System Design Space
Knowledge graphSettings

Updated: February 21, 2026 at 11:59 PM

Designing Data-Intensive Applications (short summary)

hard

Designing Data-Intensive Applications

Authors: Martin Kleppmann
Publisher: O'Reilly Media, 2017 (1st Edition), 2025 (2nd Edition)
Length: 616 pages

Analysis of the book by Martin Kleppmann: data models, replication, partitioning, transactions, batch and stream processing.

Designing Data-Intensive Applications - original coverOriginal
Designing Data-Intensive Applications - translated editionTranslated

Primary source

Official page of Designing Data-Intensive Applications by Martin Kleppmann.

Open book page

Book structure

The book is divided into three parts, each of which successively increases the scale of consideration - from a single machine to global distributed systems:

Part I: Basics

Data models, storage, coding. How data is represented and written to disk.

Part II: Distributed Data

Replication, partitioning, transactions, consensus. Scaling across multiple machines.

Part III: Derived Data

Batch and stream processing. Construction of data processing pipelines.

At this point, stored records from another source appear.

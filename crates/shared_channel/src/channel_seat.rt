// A thread's handle of a shared channel, with its clock and its random words.
ghost use Rattle.std.specs.Prelude.{◌≡◌, ◌+◌, ℕ, Some, IfOk, false};
ghost use Rattle.grpc_base.specs.Counts.{one_more};
ghost use Rattle.grpc_base.specs.Posts.{CountsErrors, Posts, is_full, is_not_yet};
ghost use Rattle.grpc_base.specs.declared.event.Event.TheVariants as event;
ghost use Rattle.grpc_base.specs.declared.post.Look.TheVariants as look;
ghost use Rattle.channel_core.specs.Applying.{can_drain_in};
ghost use Rattle.shared_channel.specs.Turns.{CanSend, CanTake, Looks, ShowsView, TakesPlace, entries_of, share_of, words_of};
ghost use Rattle.turn_lock.specs.History.{Ascends, Stands, merged};
ghost use Rattle.turn_lock.specs.Turn.{Sees};

use crate::bell::{Bell, is_news};
use crate::jobs::{AtDrain, AtSend, AtTake, AtView, SendStep, Step, TakeStep, moment_of};
use crate::owed::Owed;
use crate::shared::{Seat, Shared};
use crate::tally::Tally;
use gate_io::{Clock, Draws, GivenUp, NotesLack};
use grpc_base::{Caller, Event, Glance, Look, Octets, Post, PostError, Reply, Stamped, View};
use lb_policy::Balancer;
use std::sync::Wait;
use turn_lock::{Chronicle, TurnLock};

/// A thread's handle of a shared channel, with the clock and the random words of its entries. Each of its calls but `into_seat`
/// and `take_in` may wait for other threads.
#[derive(Drop)]
pub struct ChannelSeat<'a, P: Balancer, W, C: Clock, D: Draws>
where
    Shared<P>: Chronicle,
{
    pub(crate) rt: &'a W,
    pub(crate) lock: &'a TurnLock<Shared<P>>,
    pub(crate) bell: &'a Bell,
    pub(crate) seat: Seat<P>,
    pub(crate) clock: &'a C,
    pub(crate) draws: D,
    /// The word of its next entry.
    pub(crate) next: u64,
    pub(crate) tally: Tally,
    /// Where its looks note that a link is given up.
    pub(crate) given_up: Option<GivenUp>,
    /// What those that keep links open are to be notified of, of its posts.
    pub(crate) owed: Owed,
    ghost own: { seat.lock ≡ lock.now },
}

impl<'a, P: Balancer, W, C: Clock, D: Draws> ChannelSeat<'a, P, W, C, D> {
    /// Gives the handle of the lock back.
    pub fn into_seat(self) -> Seat<P>
        ensures { result ≡ self.entry.seat }
    {
        self.seat
    }

    /// From now on it notes here each link of which `can_drain` finds that it is given up.
    pub fn note_given_up(&mut self, note: GivenUp)
        ensures kept { (self.new.seat ≡ self.old.seat) × (self.new.clock.now ≡ self.old.clock.now) × (self.new.next ≡ self.old.next) × (self.new.draws ≡ self.old.draws) × (self.new.tally ≡ self.old.tally) }
    {
        self.given_up = Some(note);
    }

    /// Takes in another handle of the channel: its parts and its own entries, which stand in order in what is then seen. Waits for nobody.
    pub fn take_in(&mut self, mut other: Seat<P>)
        requires lock { other.lock ≡ self.old.seat.lock }
        ensures joined { self.new.seat ≡ record self.old.seat { seen = self.new.seat.seen; own = merged self.old.seat.own other.own; parts = self.old.seat.parts + other.parts } }
        ensures sees { Sees self.old.seat self.new.seat }
        ensures other { Stands self.new.seat.seen other.own × Ascends 0 other.own }
        ensures kept { (self.new.clock.now ≡ self.old.clock.now) × (self.new.next ≡ self.old.next) × (self.new.draws ≡ self.old.draws) × (self.new.tally ≡ self.old.tally) }
    {
        // The look shows the order of the other's entries, which the joined lists don't.
        self.lock.front(&mut other);
        self.lock.join_seat(&mut self.seat, other);
    }
}

/// Notes a link that is given up, where that is wanted.
fn note_link(note: &Option<GivenUp>, link: u32, is_given_up: bool) {
    if let Some(note) = note {
        if is_given_up {
            note.note(link);
        }
    }
}

impl<P: Balancer, W: Wait, C: Clock, D: Draws> Post for ChannelSeat<'_, P, W, C, D> {
    ghost made = { λ s. entries_of s.seat.own };

    ghost errors = { λ s. s.tally.errors };

    ghost last_error = { λ s. s.tally.last_error };

    ghost looks = { λ s. s.tally.looks };

    ghost last_look = { λ s. s.tally.last_look };

    ghost share = { λ s. share_of s.seat };

    /// One step of the channel, at the clock's moment and with the next random word. The step is the last of a history that begins
    /// with all that the handle had seen.
    fn post(&mut self, event: Event) -> Result<Reply, PostError>
        ensures made { Posts (entries_of self.old.seat.own) (entries_of self.new.seat.own) event result }
        ensures errors { CountsErrors self.old.tally.errors self.new.tally.errors self.old.tally.last_error self.new.tally.last_error result }
        ensures looks { (self.new.tally.looks ≡ self.old.tally.looks) × (self.new.tally.last_look ≡ self.old.tally.last_look) }
        ensures share { share_of self.new.seat ≡ share_of self.old.seat }
        ensures place { TakesPlace (C.may_give self.old.clock.now) (words_of self.old.next (D.words self.old.draws) 0) event result self.old.seat self.new.seat }
        ensures words { (k : ℕ) → words_of self.new.next (D.words self.new.draws) k ≡ words_of self.old.next (D.words self.old.draws) (k + 1) }
    {
        let is_news = is_news(&event);
        let owed = self.owed.afterwards(&event);
        let mut step = Step {
            stamped: Stamped {
                moment: moment_of(self.clock.now()),
                word: self.next,
                event,
            },
            bell: self.bell,
            is_news,
        };
        self.next = self.draws.word();
        let result = self.lock.turn(self.rt, &mut self.seat, &mut step);
        self.bell.wake();
        self.clock.wake(owed.now());
        self.owed = owed.left();
        self.tally.posted(&result);
        result
    }
}

impl<P: Balancer, W: Wait, C: Clock, D: Draws> Glance for ChannelSeat<'_, P, W, C, D> {
    /// The channel's state, and what it waits for. Its state is SHUTDOWN too where nothing more happens in it: a step found no room for
    /// what came of a link, or for a Shutdown, or ran out of memory half way.
    fn glance(&mut self) -> View
        ensures made { entries_of self.new.seat.own ≡ entries_of self.old.seat.own }
        ensures errors { (self.new.tally.errors ≡ self.old.tally.errors) × (self.new.tally.last_error ≡ self.old.tally.last_error) }
        ensures looks { (self.new.tally.looks ≡ one_more self.old.tally.looks) × (self.new.tally.last_look ≡ Some (look.Glance result)) }
        ensures share { share_of self.new.seat ≡ share_of self.old.seat }
        ensures reported { Looks (λ core. ShowsView core result) self.old.seat self.new.seat }
    {
        let view = self.lock.turn(self.rt, &mut self.seat, &mut AtView);
        self.tally.looked(Look::Glance { view });
        view
    }

    fn can_drain(&mut self, link: u32) -> bool
        ensures made { entries_of self.new.seat.own ≡ entries_of self.old.seat.own }
        ensures errors { (self.new.tally.errors ≡ self.old.tally.errors) × (self.new.tally.last_error ≡ self.old.tally.last_error) }
        ensures looks { (self.new.tally.looks ≡ one_more self.old.tally.looks) × (self.new.tally.last_look ≡ Some (look.CanDrain link result)) }
        ensures share { share_of self.new.seat ≡ share_of self.old.seat }
        ensures reported { Looks (λ core. result ≡ can_drain_in link core.state) self.old.seat self.new.seat }
    {
        let mut look = AtDrain {
            link,
            is_given_up: false,
        };
        let answer = self.lock.turn(self.rt, &mut self.seat, &mut look);
        note_link(&self.given_up, link, look.is_given_up);
        self.tally.looked(Look::CanDrain { link, answer });
        answer
    }

    fn can_take(&mut self, call: u32) -> bool
        ensures made { entries_of self.new.seat.own ≡ entries_of self.old.seat.own }
        ensures errors { (self.new.tally.errors ≡ self.old.tally.errors) × (self.new.tally.last_error ≡ self.old.tally.last_error) }
        ensures looks { (self.new.tally.looks ≡ one_more self.old.tally.looks) × (self.new.tally.last_look ≡ Some (look.CanTake call result)) }
        ensures share { share_of self.new.seat ≡ share_of self.old.seat }
        ensures reported { Looks (CanTake call result) self.old.seat self.new.seat }
    {
        self.clock.wake(self.owed.at_wait());
        self.owed = Owed::Nothing;
        let answer = self
            .lock
            .turn(self.rt, &mut self.seat, &mut AtTake { call });
        self.tally.looked(Look::CanTake { call, answer });
        answer
    }

    fn can_send(&mut self, call: u32, len: u32) -> bool
        ensures made { entries_of self.new.seat.own ≡ entries_of self.old.seat.own }
        ensures errors { (self.new.tally.errors ≡ self.old.tally.errors) × (self.new.tally.last_error ≡ self.old.tally.last_error) }
        ensures looks { (self.new.tally.looks ≡ one_more self.old.tally.looks) × (self.new.tally.last_look ≡ Some (look.CanSend call len result)) }
        ensures share { share_of self.new.seat ≡ share_of self.old.seat }
        ensures reported { Looks (CanSend call len result) self.old.seat self.new.seat }
    {
        self.clock.wake(self.owed.at_wait());
        self.owed = Owed::Nothing;
        let answer = self
            .lock
            .turn(self.rt, &mut self.seat, &mut AtSend { call, len });
        self.tally.looked(Look::CanSend { call, len, answer });
        answer
    }
}

impl<P: Balancer, W: Wait, C: Clock, D: Draws> Caller for ChannelSeat<'_, P, W, C, D> {
    /// One Take, as soon as something has come for the call: it looks, and again when another thread's event has brought something for it,
    /// and every 50 ms. Where nothing has come, and a look finds that nothing more happens in the channel, or that a worker beside the calls
    /// ended for want of memory, the answer is NoMemory, and all is as before.
    /// The clock is read at each look, and the entry has the last of these moments and the next random word.
    fn await_take(&mut self, call: u32) -> Result<Reply, PostError>
        ensures made { Posts (entries_of self.old.seat.own) (entries_of self.new.seat.own) (event.Take call) result }
        ensures come { IfOk result (λ r. is_not_yet r ≡ false) }
        ensures errors { CountsErrors self.old.tally.errors self.new.tally.errors self.old.tally.last_error self.new.tally.last_error result }
        ensures looks { (self.new.tally.looks ≡ self.old.tally.looks) × (self.new.tally.last_look ≡ self.old.tally.last_look) }
        ensures share { share_of self.new.seat ≡ share_of self.old.seat }
        ensures place { TakesPlace (C.may_give self.old.clock.now) (words_of self.old.next (D.words self.old.draws) 0) (event.Take call) result self.old.seat self.new.seat }
        ensures words { (k : ℕ) → words_of self.new.next (D.words self.new.draws) k ≡ words_of self.old.next (D.words self.old.draws) (k + 1) }
    {
        let bell = self.bell;
        let waiter = bell.wait_for(call);
        for _ in self.rt.forever() {
            let rings = waiter.rings();
            let mut take = TakeStep {
                moment: moment_of(self.clock.now()),
                word: self.next,
                call,
                bell,
            };
            if let Some(result) = self.lock.turn(self.rt, &mut self.seat, &mut take) {
                waiter.leave();
                bell.wake();
                self.next = self.draws.word();
                self.tally.posted(&result);
                return result;
            }
            self.clock.wake(self.owed.at_wait());
            self.owed = Owed::Nothing;
            let left = waiter.sleep(self.rt, rings);
            self.clock.pause(left);
        }
        unreachable!()
    }

    /// One Send, as soon as the call has room for the message: it looks, and again as for a Take, and ends without as that. The clock is read
    /// at each look, and the entry has the last of these moments and the next random word.
    fn await_send(&mut self, call: u32, message: Octets) -> Result<Reply, PostError>
        ensures made { Posts (entries_of self.old.seat.own) (entries_of self.new.seat.own) (event.Send call message) result }
        ensures taken { IfOk result (λ r. is_full r ≡ false) }
        ensures errors { CountsErrors self.old.tally.errors self.new.tally.errors self.old.tally.last_error self.new.tally.last_error result }
        ensures looks { (self.new.tally.looks ≡ self.old.tally.looks) × (self.new.tally.last_look ≡ self.old.tally.last_look) }
        ensures share { share_of self.new.seat ≡ share_of self.old.seat }
        ensures place { TakesPlace (C.may_give self.old.clock.now) (words_of self.old.next (D.words self.old.draws) 0) (event.Send call message) result self.old.seat self.new.seat }
        ensures words { (k : ℕ) → words_of self.new.next (D.words self.new.draws) k ≡ words_of self.old.next (D.words self.old.draws) (k + 1) }
    {
        let mut send = SendStep {
            moment: moment_of(0),
            word: self.next,
            call,
            message,
            bell: self.bell,
        };
        let bell = self.bell;
        let waiter = bell.wait_for_room(call);
        for _ in self.rt.forever() {
            let rings = waiter.rings();
            send.moment = moment_of(self.clock.now());
            if let Some(result) = self.lock.turn(self.rt, &mut self.seat, &mut send) {
                waiter.leave();
                bell.wake();
                self.next = self.draws.word();
                self.tally.posted(&result);
                let owed = self.owed.after_send();
                self.clock.wake(owed.now());
                self.owed = owed.left();
                return result;
            }
            self.clock.wake(self.owed.at_wait());
            self.owed = Owed::Nothing;
            let left = waiter.sleep(self.rt, rings);
            self.clock.pause(left);
        }
        unreachable!()
    }
}

impl<P: Balancer, W: Wait, C: Clock, D: Draws> NotesLack for ChannelSeat<'_, P, W, C, D> {
    /// From now on an awaited Take or Send of any handle for which nothing has come is answered NoMemory, and those that wait are woken.
    fn note_lack(&mut self)
        ensures made { entries_of self.new.seat.own ≡ entries_of self.old.seat.own }
        ensures errors { (self.new.tally.errors ≡ self.old.tally.errors) × (self.new.tally.last_error ≡ self.old.tally.last_error) }
        ensures looks { (self.new.tally.looks ≡ self.old.tally.looks) × (self.new.tally.last_look ≡ self.old.tally.last_look) }
        ensures share { share_of self.new.seat ≡ share_of self.old.seat }
        ensures same { self.new.seat ≡ self.old.seat }
    {
        self.bell.note_lack();
    }
}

Part I: Data Systems Fundamentals

Chapter 1-2: Reliability, Scalability and Data Models

Three pillars of the system:

  • Reliability — the system works correctly even during failures
  • Scalability - ability to cope with increasing workload
  • Maintainability — ease of support and changes

Data models:

  • Relational - tables, SQL, ACID
  • Documentary — JSON, nesting, flexibility
  • Graphovaya — nodes and edges, connections of any complexity

Chapter 3: Data Storage and Retrieval

One of the key chapters of the book is how data is physically stored on disk.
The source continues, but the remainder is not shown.